A abertura de comércio congênere em área contígua, antes de transcorridos cinco anos do trespasse, gera o direito à indenização por danos morais em virtude da violação da cláusula de não concorrência e da boa-fé objetiva. Na primeira instância, o requerente ajuizou ação de indenização por danos morais sob o argumento de que a requerida violara cláusula de não concorrência de contrato de trespasse em virtude da abertura de estabelecimento próximo ao que havia sido alienado, no mesmo ramo empresarial, menos de um mês após a conclusão do negócio. Além disso, alegou ter se sentido constrangido com as cobranças efetuadas pelos credores da alienante por dívidas anteriores ao trespasse. Na sentença, a Magistrada reconheceu devido o pagamento de danos morais em razão da inobservância do prazo de cinco anos previsto no artigo 1.147 do Código Civil. No tocante ao constrangimento causado por cobranças anteriores ao negócio, o Juízo a quo entendeu que, como as partes deixaram de averbar o negócio jurídico no Registro Público de Empresas Mercantis – formalidade prevista no artigo 1.144 do Código Civil, o contrato não possuía efeitos para terceiros e, portanto, o pedido indenizatório seria incabível sob pena de beneficiar a própria torpeza do autor. Ao analisar o recurso interposto pela requerida, os Julgadores consignaram que a obrigação de não concorrência é implícita nos contratos de trespasse e, portanto, independente de previsão expressa. Asseveraram que a abertura do novo comércio violou a boa-fé objetiva, o que contribuiu para abalar a honra, o conceito e a credibilidade da empresa requerente.
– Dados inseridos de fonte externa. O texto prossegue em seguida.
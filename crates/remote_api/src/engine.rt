//! Engines behind a trait.
ghost use Rattle.remote_api.specs.Seen.{EngineSeen, HasAsked, HasDeclared, HasLoaded, HasPulled, IsBegun, IsCleared, MayAsk, MayDeclare, MayLoad, MayPull};
ghost use Rattle.std.specs.Prelude.{◌≡◌, ◌≤◌, []};

use crate::asks::Part;
use crate::frame::Frame;
use label_set::Labels;
use match_rule::Patterns;
use thiserror::Error;
use ticks::{Grid, Ms, Walk};
use xfrac::Held;

/// Why an engine didn't do what it was called for.
#[derive(Clone, Copy, Debug, PartialEq, Eq, Error)]
pub enum EngineFail {
    /// The engine failed, which counts as a fault.
    #[error("the engine failed")]
    Failed,
    /// Memory ran out.
    #[error("out of memory")]
    Memory,
}

/// What came of a pull.
#[derive(Clone, Copy, Debug, PartialEq, Eq)]
pub enum Pulled {
    /// Steps, which are in the frame now.
    Frame,
    /// None, and none will come.
    End,
}

/// Holds a part of the samples, and evaluates over them what it is asked. What an engine gives comes by pulls: a pull gives some of
/// the next steps of one ask. An engine may tell what it holds; then it gives just what it owes.
pub trait Engine: Drop {
    /// What is seen of an engine: what it holds, where it tells; its asks since `begin`; and its counts of faults and strays, which
    /// stand still at 2^64 - 1.
    ghost seen: { Self → EngineSeen };

    /// Declares labels that all series of this engine have. After an error none are declared.
    fn declare(&mut self, labels: &Labels) -> Result<(), EngineFail>
        requires { MayDeclare (seen self.old) }
        ensures { HasDeclared labels.now result (seen self.old) (seen self.new) };

    /// Adds a sample at a time in milliseconds; an equal one is taken twice. After an error it isn't there.
    fn load(&mut self, labels: &Labels, at: Ms, held: &Held) -> Result<(), EngineFail>
        requires { MayLoad labels.now at held.now (seen self.old) }
        ensures { HasLoaded labels.now at held.now result (seen self.old) (seen self.new) };

    /// Drops all samples. It takes no memory and can't fail.
    fn clear(&mut self)
        requires { (seen self.old).asks ≡ [] }
        ensures { IsCleared (seen self.old) (seen self.new) };

    /// Forgets all asks. It takes no memory and can't fail.
    fn begin(&mut self)
        ensures { IsBegun (seen self.old) (seen self.new) };

    /// Asks for the cells of a part at the instants of a walk, in a query over a grid, and answers the place of the ask, counted
    /// from 0. The patterns stay as they are. After `Memory` neither `ask` nor `pull` may be called until `begin`.
    fn ask(
        &mut self,
        part: &Part,
        walk: &Walk,
        span: &Grid,
        patterns: &mut Patterns<'_>,
    ) -> Result<usize, EngineFail>
        requires { MayAsk part.now walk.now span.now patterns.old (seen self.old) }
        ensures same { patterns.new ≡ patterns.old }
        ensures asked { HasAsked part.now walk.now span.now patterns.old result (seen self.old) (seen self.new) };

    /// Moves one to `most` of the next steps of an ask into an empty frame, or answers that none is left; the patterns are those of
    /// the ask, and stay as they are. After `Memory` neither `ask` nor `pull` may be called until `begin`.
    fn pull(
        &mut self,
        ask: usize,
        most: u32,
        patterns: &mut Patterns<'_>,
        frame: &mut Frame,
    ) -> Result<Pulled, EngineFail>
        requires may { MayPull ask patterns.old (seen self.old) }
        requires some { 1 ≤ most }
        requires empty { frame.old.steps ≡ [] }
        ensures same { patterns.new ≡ patterns.old }
        ensures pulled { HasPulled ask most frame.new.steps result (seen self.old) (seen self.new) };
}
Com isso, a Turma, à unanimidade, negou provimento ao recurso e manteve a condenação por danos morais.

Acórdão 1139832, 07028540420178070019, Relatora Juíza SONÍRIA ROCHA CAMPOS D'ASSUNÇÃO, 1ª Turma Recursal dos Juizados Especiais Cíveis e Criminais do DF, data de julgamento: 27/11/2018, publicado no DJe: 5/12/2018.